She and husband lived in Europe for four years when he worked for the US Trade Representative’s office in Geneva, and have travelled widely there and the rest of the world. It was during that time she took a series of pastry courses at the Ritz Escoffier in Paris. “I had trained and worked as a lawyer and took the cookery courses so I could learn to bake better, really.” When she returned to the US she started teaching cooking classes from home, which led to her editing cookbooks for friend and kosher food writer, Susie Fishbein. “I realised I could do this myself and wrote my first baking book.”

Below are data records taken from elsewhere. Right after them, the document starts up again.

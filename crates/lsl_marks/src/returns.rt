//! The results of functions in a copy: `return e;` becomes `{x=e; ... return x;}`, if nothing reads the variable x any
//! more.

use crate::markers::{After, Moment, kind_word};
use crate::statements::Statement;
use crate::tiers::Tier;
use crate::tokens::{end_at, name_at};
use crate::variables::{Slot, Variable};
use crate::writer::{Place, Sign, Writer};
use lsl_text::NoMemory;
use lsl_value::Kind;

/// The variable that holds a result, and the globals that may have changed with it.
#[derive(Drop)]
pub struct Held {
    pub name: Vec<u8>,
    pub kind: Kind,
    pub is_new: bool,
    pub changed: Vec<Variable>,
}

impl Writer<'_, '_> {
    pub fn begin_return(&mut self, statement: &Statement) -> Result<(), NoMemory> {
        let held = self.held(statement)?;
        if let Some(held) = &held {
            self.open_return(statement, held)?;
        }
        self.open(Some(*statement), Vec::new(self.alloc), After::Nothing)?;
        if let Some(open) = self.open.last_mut() {
            open.held = held;
        }
        Ok(())
    }

    /// What holds the result of a `return`, if it is reported.
    fn held(&self, statement: &Statement) -> Result<Option<Held>, NoMemory> {
        let routine = self.source.outline.routines.get(self.routine);
        let Some(kind) = routine.map_or(None, |it| it.kind) else {
            return Ok(None);
        };
        let is_told = matches!(self.source.tier, Tier::All | Tier::Held);
        if !is_told || statement.values.is_empty() {
            return Ok(None);
        }
        let own = match self.scope.holder(kind) {
            Some(variable) => Some(name_at(self.source.tokens, variable.name)),
            None => None,
        };
        if own.is_none() && self.source.tier == Tier::Held {
            return Ok(None);
        }
        let name = Vec::from_slice(self.alloc, own.unwrap_or(self.own.as_slice()))?;
        let is_new = own.is_none();
        let mut changed = Vec::new(self.alloc);
        for variable in &self.scope.changed(self.alloc, statement.values)? {
            if matches!(variable.slot, Slot::Global(_)) {
                changed.push(*variable)?;
            }
        }
        Ok(Some(Held {
            name,
            kind,
            is_new,
            changed,
        }))
    }

    fn open_return(&mut self, statement: &Statement, held: &Held) -> Result<(), NoMemory> {
        self.put(b"{")?;
        if held.is_new {
            self.put(kind_word(held.kind).as_bytes())?;
            self.put(b" ")?;
        }
        self.put(held.name.as_slice())?;
        self.put(b"=")?;
        self.copied = end_at(self.source.tokens, statement.first);
        Ok(())
    }

    pub fn end_return(&mut self, statement: &Statement, held: &Held) -> Result<(), NoMemory> {
        let last = statement.end.saturating_sub(1);
        self.copy_to(end_at(self.source.tokens, last))?;
        let place = Place {
            moment: Moment::Leave,
            first: statement.first,
            last,
            after: After::Nothing,
        };
        self.mark(place, held.changed.as_slice(), None, Sign::Semicolon)?;
        self.say(held.kind, held.name.as_slice(), Sign::Semicolon)?;
        if let Some(marker) = self.markers.last_mut() {
            marker.says.push(Variable {
                name: statement.first,
                kind: held.kind,
                slot: Slot::Result,
            })?;
        }
        self.put(b"return ")?;
        self.put(held.name.as_slice())?;
        self.put(b";}")
    }
}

With her background in bread and pastries, Shoyer has included traditional desserts like rugelach, babka and strudel. “I’ve made each of them with between 40 and 60% wholewheat flour and reduced the sugar content. They’re not that sweet but you can taste the chocolate. Here in the US, bakeries make things so sugary that cakes tend to be all sweetness and no flavour. People who try my versions are shocked at how different they are.”

Has the book changed the way she cooks? “I’m normally tired of the recipes by the time I finish writing a book, but I’m still loving these. I make the dry-rubbed salmon almost every week.

“For me though, healthy eating is all about balance. I describe myself as a healthy chef who loves pastries. If I know I’m going to have dinner out, I’ll try to eat healthily during the day. There’s no such thing as all or nothing — it’s not sustainable.”

The Healthy Jewish Kitchen is published by Sterling Epicure.